■ Goal of the exercise
The entries below contain a stretch that opens with the line containing "at += text;" and closes with the line containing "let mut window = [0u8; WINDOW];"; set down that stretch exactly, both ends included, and nothing else.

-- Data provided follows --

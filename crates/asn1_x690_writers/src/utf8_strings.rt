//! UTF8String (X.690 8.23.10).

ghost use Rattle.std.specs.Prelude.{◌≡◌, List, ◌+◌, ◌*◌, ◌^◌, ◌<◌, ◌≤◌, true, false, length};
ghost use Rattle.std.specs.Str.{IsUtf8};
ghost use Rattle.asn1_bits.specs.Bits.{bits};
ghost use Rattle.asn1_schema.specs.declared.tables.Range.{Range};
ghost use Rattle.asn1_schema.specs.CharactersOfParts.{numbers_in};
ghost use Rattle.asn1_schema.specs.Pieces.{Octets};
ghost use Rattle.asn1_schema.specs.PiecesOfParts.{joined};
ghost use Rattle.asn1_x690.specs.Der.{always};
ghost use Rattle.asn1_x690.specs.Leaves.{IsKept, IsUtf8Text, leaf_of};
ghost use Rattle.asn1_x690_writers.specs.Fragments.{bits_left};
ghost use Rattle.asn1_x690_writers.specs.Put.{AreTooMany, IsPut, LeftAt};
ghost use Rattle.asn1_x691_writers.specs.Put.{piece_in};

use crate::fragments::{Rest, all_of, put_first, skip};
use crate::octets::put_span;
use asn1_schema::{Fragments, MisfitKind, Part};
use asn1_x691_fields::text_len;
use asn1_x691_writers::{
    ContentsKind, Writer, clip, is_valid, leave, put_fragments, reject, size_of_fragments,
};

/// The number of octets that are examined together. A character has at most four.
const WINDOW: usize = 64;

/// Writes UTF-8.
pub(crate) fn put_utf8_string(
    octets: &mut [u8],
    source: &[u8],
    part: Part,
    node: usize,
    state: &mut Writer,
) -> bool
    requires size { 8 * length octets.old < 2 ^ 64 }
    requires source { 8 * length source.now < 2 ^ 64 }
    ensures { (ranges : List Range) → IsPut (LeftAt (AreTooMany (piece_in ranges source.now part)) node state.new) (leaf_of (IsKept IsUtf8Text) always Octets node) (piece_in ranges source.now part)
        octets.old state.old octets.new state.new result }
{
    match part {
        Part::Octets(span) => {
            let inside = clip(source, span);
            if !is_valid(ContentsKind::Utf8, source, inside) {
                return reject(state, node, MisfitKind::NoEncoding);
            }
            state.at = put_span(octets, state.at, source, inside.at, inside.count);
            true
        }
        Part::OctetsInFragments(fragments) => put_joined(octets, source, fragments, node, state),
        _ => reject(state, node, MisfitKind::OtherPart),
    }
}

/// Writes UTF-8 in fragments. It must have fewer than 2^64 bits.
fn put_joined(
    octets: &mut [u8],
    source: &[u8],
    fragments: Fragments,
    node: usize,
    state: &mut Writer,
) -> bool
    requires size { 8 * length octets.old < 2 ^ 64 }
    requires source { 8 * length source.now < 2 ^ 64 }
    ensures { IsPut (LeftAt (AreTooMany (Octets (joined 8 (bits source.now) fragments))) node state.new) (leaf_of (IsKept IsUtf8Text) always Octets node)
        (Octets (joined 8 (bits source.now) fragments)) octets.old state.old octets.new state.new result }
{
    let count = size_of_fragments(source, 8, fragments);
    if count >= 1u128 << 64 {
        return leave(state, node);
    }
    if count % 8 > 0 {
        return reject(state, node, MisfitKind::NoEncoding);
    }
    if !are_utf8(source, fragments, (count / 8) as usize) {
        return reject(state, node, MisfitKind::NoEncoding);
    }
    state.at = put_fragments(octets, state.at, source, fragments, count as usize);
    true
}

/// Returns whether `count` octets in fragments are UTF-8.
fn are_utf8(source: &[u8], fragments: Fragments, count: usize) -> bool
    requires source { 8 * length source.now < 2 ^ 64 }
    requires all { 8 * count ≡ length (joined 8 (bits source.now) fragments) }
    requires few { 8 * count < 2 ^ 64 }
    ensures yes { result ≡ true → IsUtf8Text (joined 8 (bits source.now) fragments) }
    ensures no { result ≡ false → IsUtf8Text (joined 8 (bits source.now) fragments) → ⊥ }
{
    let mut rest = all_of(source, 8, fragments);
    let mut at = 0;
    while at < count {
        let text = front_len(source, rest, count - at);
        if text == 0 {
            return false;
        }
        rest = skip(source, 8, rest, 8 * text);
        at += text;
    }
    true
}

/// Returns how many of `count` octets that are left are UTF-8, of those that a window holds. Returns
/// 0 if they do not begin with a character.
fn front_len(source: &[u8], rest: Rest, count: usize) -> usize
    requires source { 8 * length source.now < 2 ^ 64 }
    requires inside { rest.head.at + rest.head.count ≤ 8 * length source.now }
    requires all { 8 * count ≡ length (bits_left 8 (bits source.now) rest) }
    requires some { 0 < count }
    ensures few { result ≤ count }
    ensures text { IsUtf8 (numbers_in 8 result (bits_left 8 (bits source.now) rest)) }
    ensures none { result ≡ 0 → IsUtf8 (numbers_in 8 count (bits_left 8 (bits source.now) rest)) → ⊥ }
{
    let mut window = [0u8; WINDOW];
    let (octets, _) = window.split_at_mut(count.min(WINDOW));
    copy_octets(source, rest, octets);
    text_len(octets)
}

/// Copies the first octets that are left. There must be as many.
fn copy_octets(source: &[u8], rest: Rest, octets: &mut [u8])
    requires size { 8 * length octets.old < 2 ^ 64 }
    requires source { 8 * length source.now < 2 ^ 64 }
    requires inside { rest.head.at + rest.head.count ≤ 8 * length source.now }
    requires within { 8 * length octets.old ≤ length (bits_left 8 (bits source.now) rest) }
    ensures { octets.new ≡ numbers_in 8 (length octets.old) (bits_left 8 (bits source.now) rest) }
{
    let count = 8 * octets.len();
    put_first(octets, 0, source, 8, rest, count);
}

-- Data provided concluded --

■ Exercise result
        at += text;
    }
    true
}

/// Returns how many of `count` octets that are left are UTF-8, of those that a window holds. Returns
/// 0 if they do not begin with a character.
fn front_len(source: &[u8], rest: Rest, count: usize) -> usize
    requires source { 8 * length source.now < 2 ^ 64 }
    requires inside { rest.head.at + rest.head.count ≤ 8 * length source.now }
    requires all { 8 * count ≡ length (bits_left 8 (bits source.now) rest) }
    requires some { 0 < count }
    ensures few { result ≤ count }
    ensures text { IsUtf8 (numbers_in 8 result (bits_left 8 (bits source.now) rest)) }
    ensures none { result ≡ 0 → IsUtf8 (numbers_in 8 count (bits_left 8 (bits source.now) rest)) → ⊥ }
{
    let mut window = [0u8; WINDOW];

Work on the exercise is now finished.